[Docs] Add auto-compact docs

nicklan · vkorukanti · commit a2357ebd6a90 · 2024-01-24T20:12:17.000-08:00
(Cherry-pick of 42dea93 to branch-3.1) Adding docs for auto-compact
diff --git a/docs/source/optimizations-oss.md b/docs/source/optimizations-oss.md
@@ -72,6 +72,28 @@ For Scala, Java, and Python API syntax details, see the [_](delta-apidoc.md).\
 
 Readers of Delta tables use snapshot isolation, which means that they are not interrupted when `OPTIMIZE` removes unnecessary files from the transaction log. `OPTIMIZE` makes no data related changes to the table, so a read before and after an `OPTIMIZE` has the same results.
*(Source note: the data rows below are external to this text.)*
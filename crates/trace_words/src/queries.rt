//! The words of queries.

ghost use Rattle.std.specs.Prelude.{◌≡◌, option_map};
ghost use Rattle.seq_bus_core.specs.declared.query.Query.TheVariants.{GetNameOwner, ListQueuedOwners, NameHasOwner};
ghost use Rattle.trace_words.specs.Queries.{asked_from, query_from};
ghost use Rattle.trace_words.specs.Cutting.{parts_left};

use crate::parts::Parts;
use crate::words::name;
use seq_bus_core::Query;

fn owner(words: &mut Parts<'_>) -> Option<Query>
    ensures { option_map (λ query. (query, parts_left words.new)) result
        ≡ asked_from GetNameOwner (parts_left words.old) }
{
    let name = name(words.take()?)?;
    Some(Query::GetNameOwner(name))
}

fn has_owner(words: &mut Parts<'_>) -> Option<Query>
    ensures { option_map (λ query. (query, parts_left words.new)) result
        ≡ asked_from NameHasOwner (parts_left words.old) }
{
    let name = name(words.take()?)?;
    Some(Query::NameHasOwner(name))
}

fn queued(words: &mut Parts<'_>) -> Option<Query>
    ensures { option_map (λ query. (query, parts_left words.new)) result
        ≡ asked_from ListQueuedOwners (parts_left words.old) }
{
    let name = name(words.take()?)?;
    Some(Query::ListQueuedOwners(name))
}

/// Reads a query, and leaves the words behind it. None where they say no query; then some may be
/// taken.
pub fn read_query(words: &mut Parts<'_>) -> Option<Query>
    ensures { option_map (λ query. (query, parts_left words.new)) result
        ≡ query_from (parts_left words.old) }
{
    let verb = words.take()?;
    if verb == "owner" {
        return owner(words);
    }
    if verb == "has" {
        return has_owner(words);
    }
    if verb == "names" {
        return Some(Query::ListNames);
    }
    if verb == "activatable" {
        return Some(Query::ListActivatableNames);
    }
    if verb == "queued" {
        return queued(words);
    }
    None
}
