//! Who runs programs.

use service_files::Service;
use std::alloc::Global;
use std::io;
use std::process::{Child, Command, Processes, Stdio};

/// How a program ended.
#[derive(Clone, Copy, Debug, PartialEq, Eq)]
pub enum ProgramEnd {
    /// It could not be run.
    NotRun,
    /// It exited with a status.
    Exited(u32),
    /// A signal ended it.
    Killed,
}

/// Runs programs, in whatever thread.
pub trait RunsPrograms {
    /// Runs the program of a service to its end, where the bus has this address. Where the system
    /// does not tell how it ended, it is as if it had exited with 0.
    fn run_program(&self, alloc: Global, service: &Service, address: &str) -> ProgramEnd;
}

/// Starts the program of a service, with the variables that "Message Bus Starting Services
/// (Activation)" of the D-Bus Specification names.
fn spawn<R: Processes>(
    rt: &R,
    alloc: Global,
    service: &Service,
    address: &str,
) -> io::Result<Child<R::Started>> {
    let mut command = Command::new(alloc, service.program())?;
    for argument in service.arguments() {
        command.arg(argument)?;
    }
    command
        .env("DBUS_STARTER_ADDRESS", address)?
        .env("DBUS_STARTER_BUS_TYPE", "session")?
        .env("DBUS_SESSION_BUS_ADDRESS", address)?
        .stdin(Stdio::null())
        .stdout(Stdio::null());
    command.spawn(rt)
}

impl<R: Processes> RunsPrograms for R {
    fn run_program(&self, alloc: Global, service: &Service, address: &str) -> ProgramEnd {
        let Ok(mut child) = spawn(self, alloc, service, address) else {
            return ProgramEnd::NotRun;
        };
        let Ok(ended) = child.wait() else {
            return ProgramEnd::Exited(0);
        };
        match ended.code() {
            Some(code) => ProgramEnd::Exited(code.unsigned_abs()),
            None => ProgramEnd::Killed,
        }
    }
}
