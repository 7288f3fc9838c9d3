//! A bus over a Unix socket, as `busd serve` runs it: [`Bus::open`] makes the socket, and
//! [`Bus::serve`] serves its clients, each router in a thread of its own, until the bus is told to
//! stop or the system gives no more.
//!
//! ```
//! use busd_core::{Options, ServeFault};
//! use busd_serve::{Bus, DaemonRuntime};
//!
//! /// Serves the clients of a socket, as long as the system gives what that takes.
//! fn serve_clients<R: DaemonRuntime>(rt: &R, options: Options<'_>) -> Result<(), ServeFault>
//! where
//!     R::File: Send,
//! {
//!     let (bus, listening) = Bus::open(rt, options)?;
//!     bus.serve(rt, listening)
//! }
//! ```
#![tactic(auto)]

mod bus;
mod chores;
mod fault;
mod launch;
mod logging;
mod login;
mod polls;
mod programs;
mod runner;
mod runtime;
mod serving;
mod tracing;

pub use bus::{Bus, BusAddress, Listening};
pub use runner::{ProgramEnd, RunsPrograms};
pub use runtime::DaemonRuntime;
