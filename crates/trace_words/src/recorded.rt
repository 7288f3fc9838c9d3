//! What stands behind the arrow of a line.

ghost use Rattle.std.specs.Prelude.{◌≡◌, ◌||◌, ◌&&◌, ◌<◌, unwrap_or, codes, false, None};
ghost use Rattle.names.specs.Texts.{text_eq};
ghost use Rattle.std.specs.Option.{option_copied};
ghost use Rattle.trace_words.specs.Cutting.{parts_left};
ghost use Rattle.trace_words.specs.Recorded.{are_names, are_rising, has_value, is_answer, is_held, is_kind, is_name_told, is_number_or_none, is_numbered, is_outcome, is_owner_change, is_passed, is_recipients, is_reply, is_signal, is_signal_of, is_signals, is_ticket, is_tickets, is_verdict, rises, value_of};
ghost use Rattle.trace_words.specs.Words.{equals, is_bus_name, is_number, parts};

use crate::parts::Parts;
use crate::words::{is_bus_name, is_number, number};
use seq_bus_core::{Change, Query};

fn is_number_or_none(text: &str) -> bool
    ensures { result ≡ is_number_or_none text.now }
{
    text == "-" || is_number(text)
}

/// Whether a number is there, and above the last one.
fn rises(last: Option<u64>, number: Option<u64>) -> bool
    ensures { result ≡ rises last number }
{
    match (last, number) {
        (_, None) => false,
        (None, Some(_)) => true,
        (Some(last), Some(number)) => last < number,
    }
}

fn are_rising(mut numbers: Parts<'_>) -> bool
    ensures { result ≡ are_rising None (parts_left numbers.entry) }
{
    let mut last = None;
    while let Some(text) = numbers.take() {
        let number = number(text);
        if !rises(last, number) {
            return false;
        }
        last = number;
    }
    true
}

fn is_recipients(text: &str) -> bool
    ensures { result ≡ is_recipients text.now }
{
    text == "-" || are_rising(Parts::of(text, '+'))
}

/// Whether these are the recipients of a signal or a message, and the monitors that see it.
fn are_told(to: &str, monitors: &str) -> bool
    ensures { result ≡ (is_recipients to.now && is_recipients monitors.now) }
{
    is_recipients(to) && is_recipients(monitors)
}

fn owner_change(mut told: Parts<'_>) -> Option<bool>
    ensures { unwrap_or result false ≡ is_owner_change (parts_left told.entry) }
{
    let name = told.take()?;
    let old = told.take()?;
    let new = told.take()?;
    let to = told.take()?;
    let monitors = told.take()?;
    if told.take().is_some() {
        return None;
    }
    Some(
        is_bus_name(name)
            && is_number_or_none(old)
            && is_number_or_none(new)
            && are_told(to, monitors),
    )
}

fn name_told(mut told: Parts<'_>) -> Option<bool>
    ensures { unwrap_or result false ≡ is_name_told (parts_left told.entry) }
{
    let name = told.take()?;
    let to = told.take()?;
    let monitors = told.take()?;
    if told.take().is_some() {
        return None;
    }
    Some(is_bus_name(name) && are_told(to, monitors))
}

fn signal(mut parts: Parts<'_>) -> Option<bool>
    ensures { unwrap_or result false ≡ is_signal_of (parts_left parts.entry) }
{
    let kind = parts.take()?;
    if kind == "noc" {
        return owner_change(parts);
    }
    if kind == "lost" {
        return name_told(parts);
    }
    if kind == "acq" {
        return name_told(parts);
    }
    None
}

fn is_signal(text: &str) -> bool
    ensures { result ≡ is_signal text.now }
{
    signal(Parts::of(text, '/')).unwrap_or(false)
}

fn is_signals(text: &str) -> bool
    ensures { result ≡ is_signals text.now }
{
    if text == "-" {
        return true;
    }
    let mut signals = Parts::of(text, ',');
    while let Some(told) = signals.take() {
        if !is_signal(told) {
            return false;
        }
    }
    true
}

/// Whether the parts are a word and a number.
fn numbered(word: &str, mut parts: Parts<'_>) -> Option<bool>
    ensures { unwrap_or result false ≡ is_numbered word.now (parts_left parts.entry) }
{
    let front = parts.take()?;
    let number = parts.take()?;
    if parts.take().is_some() {
        return None;
    }
    Some(front == word && is_number(number))
}

fn is_numbered(word: &str, separator: char, text: &str) -> bool
    requires { separator < 128 }
    ensures { result ≡ is_numbered word.now (parts separator text.now) }
{
    numbered(word, Parts::of(text, separator)).unwrap_or(false)
}

fn is_ticket(text: &str) -> bool
    ensures { result ≡ is_ticket text.now }
{
    is_numbered("", '+', text) || is_numbered("", '!', text)
}

fn is_tickets(text: &str) -> bool
    ensures { result ≡ is_tickets text.now }
{
    if text == "-" {
        return true;
    }
    let mut tickets = Parts::of(text, ',');
    while let Some(ticket) = tickets.take() {
        if !is_ticket(ticket) {
            return false;
        }
    }
    true
}

fn is_reply_to_request(text: &str) -> bool
    ensures { result ≡ (text_eq text.now (codes "1") || text_eq text.now (codes "2")
        || text_eq text.now (codes "3") || text_eq text.now (codes "4")
        || text_eq text.now (codes "limits") || text_eq text.now (codes "invalid")
        || text_eq text.now (codes "gone")) }
{
    text == "1"
        || text == "2"
        || text == "3"
        || text == "4"
        || text == "limits"
        || text == "invalid"
        || text == "gone"
}

fn is_reply_to_release(text: &str) -> bool
    ensures { result ≡ (text_eq text.now (codes "1") || text_eq text.now (codes "2")
        || text_eq text.now (codes "3") || text_eq text.now (codes "invalid")
        || text_eq text.now (codes "gone")) }
{
    text == "1" || text == "2" || text == "3" || text == "invalid" || text == "gone"
}

fn is_reply_to_start(text: &str) -> bool
    ensures { result ≡ (text_eq text.now (codes "2") || text_eq text.now (codes "unknown")
        || text_eq text.now (codes "limits") || text_eq text.now (codes "gone")
        || is_held text.now) }
{
    text == "2"
        || text == "unknown"
        || text == "limits"
        || text == "gone"
        || is_numbered("held", '/', text)
}

fn is_reply_to_hold(text: &str) -> bool
    ensures { result ≡ (text_eq text.now (codes "unknown") || text_eq text.now (codes "limits")
        || text_eq text.now (codes "gone") || is_held text.now || is_passed text.now) }
{
    text == "unknown"
        || text == "limits"
        || text == "gone"
        || is_numbered("held", '/', text)
        || is_numbered("pass", '/', text)
}

fn is_done(text: &str) -> bool
    ensures { result ≡ (text_eq text.now (codes "ok") || text_eq text.now (codes "gone")) }
{
    text == "ok" || text == "gone"
}

/// Whether a text says that it is done, that the asker is gone, or why it is not done.
fn is_done_or(refusal: &str, text: &str) -> bool
    ensures { result ≡ (text_eq text.now (codes "ok") || text_eq text.now refusal.now
        || text_eq text.now (codes "gone")) }
{
    text == "ok" || text == refusal || text == "gone"
}

fn is_reply_to_hello(text: &str) -> bool
    ensures { result ≡ (text_eq text.now (codes "limits") || is_number text.now) }
{
    text == "limits" || is_number(text)
}

fn is_reply_to_starter(text: &str) -> bool
    ensures { result ≡ (text_eq text.now (codes "ok") || text_eq text.now (codes "ignored")) }
{
    text == "ok" || text == "ignored"
}

fn is_reply(change: &Change, text: &str) -> bool
    ensures { result ≡ is_reply change.now text.now }
{
    match change {
        Change::Hello { .. } => is_reply_to_hello(text),
        Change::Leave { .. } => is_done(text),
        Change::Request { .. } => is_reply_to_request(text),
        Change::Release { .. } => is_reply_to_release(text),
        Change::AddMatch { .. } => is_done_or("limits", text),
        Change::RemoveMatch { .. } => is_done_or("notfound", text),
        Change::BecomeMonitor { .. } => is_done_or("denied", text),
        Change::Start { .. } => is_reply_to_start(text),
        Change::Hold { .. } => is_reply_to_hold(text),
        Change::ChildEnded { .. } => is_reply_to_starter(text),
        Change::StartTimedOut { .. } => is_reply_to_starter(text),
    }
}

/// The value behind a key.
fn value_in<'a>(key: &str, mut parts: Parts<'a>) -> Option<&'a str>
    ensures { option_copied result ≡ value_of key.now (parts_left parts.entry) }
{
    let front = parts.take()?;
    let value = parts.take()?;
    if parts.take().is_some() {
        return None;
    }
    if front != key {
        return None;
    }
    Some(value)
}

fn value<'a>(key: &str, word: &'a str) -> Option<&'a str>
    ensures { option_copied result ≡ value_of key.now (parts equals word.now) }
{
    value_in(key, Parts::of(word, '='))
}

fn has_reply(change: &Change, word: &str) -> bool
    ensures { result ≡ has_value (codes "r") (is_reply change.now) word.now }
{
    match value("r", word) {
        Some(reply) => is_reply(change, reply),
        None => false,
    }
}

fn has_signals(word: &str) -> bool
    ensures { result ≡ has_value (codes "g") is_signals word.now }
{
    match value("g", word) {
        Some(signals) => is_signals(signals),
        None => false,
    }
}

fn has_tickets(word: &str) -> bool
    ensures { result ≡ has_value (codes "t") is_tickets word.now }
{
    match value("t", word) {
        Some(tickets) => is_tickets(tickets),
        None => false,
    }
}

fn has_start(word: &str) -> bool
    ensures { result ≡ has_value (codes "b") is_number_or_none word.now }
{
    match value("b", word) {
        Some(start) => is_number_or_none(start),
        None => false,
    }
}

fn outcome(change: &Change, mut words: Parts<'_>) -> Option<bool>
    ensures { unwrap_or result false ≡ is_outcome change.now (parts_left words.entry) }
{
    let reply = words.take()?;
    let signals = words.take()?;
    let tickets = words.take()?;
    let start = words.take()?;
    if words.take().is_some() {
        return None;
    }
    Some(
        has_reply(change, reply)
            && has_signals(signals)
            && has_tickets(tickets)
            && has_start(start),
    )
}

/// Whether words are what a change of this kind can be told.
pub fn is_outcome(change: &Change, words: Parts<'_>) -> bool
    ensures { result ≡ is_outcome change.now (parts_left words.entry) }
{
    outcome(change, words).unwrap_or(false)
}

fn are_names(text: &str) -> bool
    ensures { result ≡ are_names text.now }
{
    let mut names = Parts::of(text, ',');
    while let Some(name) = names.take() {
        if !is_bus_name(name) {
            return false;
        }
    }
    true
}

/// Whether a word is what a query of this kind can be answered.
pub fn is_answer(query: &Query, text: &str) -> bool
    ensures { result ≡ is_answer query.now text.now }
{
    match query {
        Query::GetNameOwner(_) => text == "none" || is_bus_name(text),
        Query::NameHasOwner(_) => text == "0" || text == "1",
        Query::ListNames => are_names(text),
        Query::ListActivatableNames => are_names(text),
        Query::ListQueuedOwners(_) => text == "none" || are_names(text),
    }
}

fn is_kind(text: &str) -> bool
    ensures { result ≡ is_kind text.now }
{
    text == "plain" || text == "bus" || text == "start" || text == "nobody" || text == "absent"
}

fn verdict(mut words: Parts<'_>) -> Option<bool>
    ensures { unwrap_or result false ≡ is_verdict (parts_left words.entry) }
{
    let kind = words.take()?;
    let to = words.take()?;
    let monitors = words.take()?;
    if words.take().is_some() {
        return None;
    }
    Some(is_kind(kind) && are_told(to, monitors))
}

/// Whether words say where a message goes.
pub fn is_verdict(words: Parts<'_>) -> bool
    ensures { result ≡ is_verdict (parts_left words.entry) }
{
    verdict(words).unwrap_or(false)
}
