//! The arguments of a message.

ghost use Rattle.std.specs.Prelude.{◌≡◌, ◌≤◌, [], length, option_map, map, IfOk, IfSome, string_bytes, option_and_then};
ghost use Rattle.match_rules.specs.Keys.{max_arguments};
ghost use Rattle.trace_words.specs.KeptArguments.{kept_argument};
ghost use Rattle.trace_words.specs.Cutting.{parts_left};
ghost use Rattle.trace_words.specs.Routes.{argument_in, argument_of, arguments_from, arguments_of, is_path, path_in_hex, string_in};
ghost use Rattle.trace_words.specs.Hex.{bytes_of, utf8_of};

use crate::kept::KeptArgument;
use crate::parts::Parts;
use crate::rules::bytes;
use crate::texts::utf8;
use match_rules::MAX_ARGUMENTS;
use names::ObjectPath;
use std::alloc::{AllocError, Global};

/// Whether a word is an object path.
pub(crate) fn is_path(word: &str) -> bool
    ensures { result ≡ is_path word.now }
{
    ObjectPath::check(word.as_bytes()).is_ok()
}

/// Copies bytes that are text.
fn text_in(alloc: Global, bytes: &[u8]) -> Result<Option<String>, AllocError>
    ensures { IfOk result (λ text. option_map (λ t. string_bytes t) text ≡ utf8_of bytes.now) }
{
    match utf8(bytes) {
        Some(text) => Ok(Some(String::from_str(alloc, text)?)),
        None => Ok(None),
    }
}

/// Reads a text in hex.
fn text(alloc: Global, word: &[u8]) -> Result<Option<String>, AllocError>
    ensures { IfOk result (λ text. option_map (λ t. string_bytes t) text
        ≡ option_and_then utf8_of (bytes_of word.now)) }
{
    match bytes(alloc, word)? {
        Some(bytes) => text_in(alloc, bytes.as_slice()),
        None => Ok(None),
    }
}

fn string(alloc: Global, word: &[u8]) -> Result<Option<KeptArgument>, AllocError>
    ensures { IfOk result (λ argument. option_map kept_argument argument ≡ string_in word.now) }
{
    match text(alloc, word)? {
        Some(text) => Ok(Some(KeptArgument::String(text))),
        None => Ok(None),
    }
}

fn object_path(alloc: Global, word: &[u8]) -> Result<Option<KeptArgument>, AllocError>
    ensures { IfOk result (λ argument. option_map kept_argument argument ≡ path_in_hex word.now) }
{
    let Some(text) = text(alloc, word)? else {
        return Ok(None);
    };
    if is_path(text.as_str()) {
        Ok(Some(KeptArgument::ObjectPath(text)))
    } else {
        Ok(None)
    }
}

fn argument_in(alloc: Global, word: &[u8]) -> Result<Option<KeptArgument>, AllocError>
    ensures { IfOk result (λ argument. option_map kept_argument argument ≡ argument_in word.now) }
{
    let Some((kind, word)) = word.split_first() else {
        return Ok(None);
    };
    if *kind == b's' {
        return string(alloc, word);
    }
    if *kind == b'o' {
        return object_path(alloc, word);
    }
    Ok(None)
}

fn argument(alloc: Global, word: &str) -> Result<Option<KeptArgument>, AllocError>
    ensures { IfOk result (λ argument. option_map kept_argument argument ≡ argument_of word.now) }
{
    if word == "-" {
        return Ok(Some(KeptArgument::Other));
    }
    argument_in(alloc, word.as_bytes())
}

fn arguments_in(
    alloc: Global,
    mut words: Parts<'_>,
) -> Result<Option<Vec<KeptArgument>>, AllocError>
    ensures read { IfOk result (λ arguments. option_map (λ a. map kept_argument a.items) arguments
        ≡ arguments_from [] (parts_left words.entry)) }
    ensures few { IfOk result
        (λ arguments. IfSome arguments (λ a. length a.items ≤ max_arguments)) }
{
    let mut arguments = Vec::new(alloc);
    while let Some(word) = words.take() {
        if arguments.len() == MAX_ARGUMENTS {
            return Ok(None);
        }
        let Some(argument) = argument(alloc, word)? else {
            return Ok(None);
        };
        arguments.push(argument)?;
    }
    Ok(Some(arguments))
}

/// Reads the arguments of a message.
pub(crate) fn arguments(alloc: Global, word: &str) -> Result<Option<Vec<KeptArgument>>, AllocError>
    ensures read { IfOk result (λ arguments. option_map (λ a. map kept_argument a.items) arguments
        ≡ arguments_of word.now) }
    ensures few { IfOk result
        (λ arguments. IfSome arguments (λ a. length a.items ≤ max_arguments)) }
{
    if word == "." {
        return Ok(Some(Vec::new(alloc)));
    }
    arguments_in(alloc, Parts::of(word, ','))
}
Performing `OPTIMIZE` on a table that is a streaming source does not affect any current or future streams that treat this table as a source. `OPTIMIZE` returns the file statistics (min, max, total, and so on) for the files removed and the files added by the operation. Optimize stats also contains the number of batches, and partitions optimized.
 
+## Auto compaction
+
+.. note:: This feature is available in <Delta> 3.1.0 and above.
+
+Auto compaction combines small files within Delta table partitions to automatically reduce small file problems. Auto compaction occurs after a write to a table has succeeded and runs synchronously on the cluster that has performed the write. Auto compaction only compacts files that haven't been compacted previously.
+
+You can control the output file size by setting the configuration `spark.databricks.delta.autoCompact.maxFileSize`.
+
+Auto compaction is only triggered for partitions or tables that have at least a certain number of small files. You can optionally change the minimum number of files required to trigger auto compaction by setting `spark.databricks.delta.autoCompact.minNumFiles`.
+
+Auto compaction can be enabled at the table or session level using the following settings:
+
+- Table property: `delta.autoOptimize.autoCompact`
+- SparkSession setting: `spark.databricks.delta.autoCompact.enabled`
+
+These settings accept the following options:
+
+| Options | Behavior |
+| --- | --- |
+| `true` | Enable auto compaction. By default will use 128 MB as the target file size. |
+| `false` | Turns off auto compaction. Can be set at the session level to override auto compaction for all Delta tables modified in the workload. |
+
 ## Data skipping
 
 .. note:: This feature is available in <Delta> 1.2.0 and above.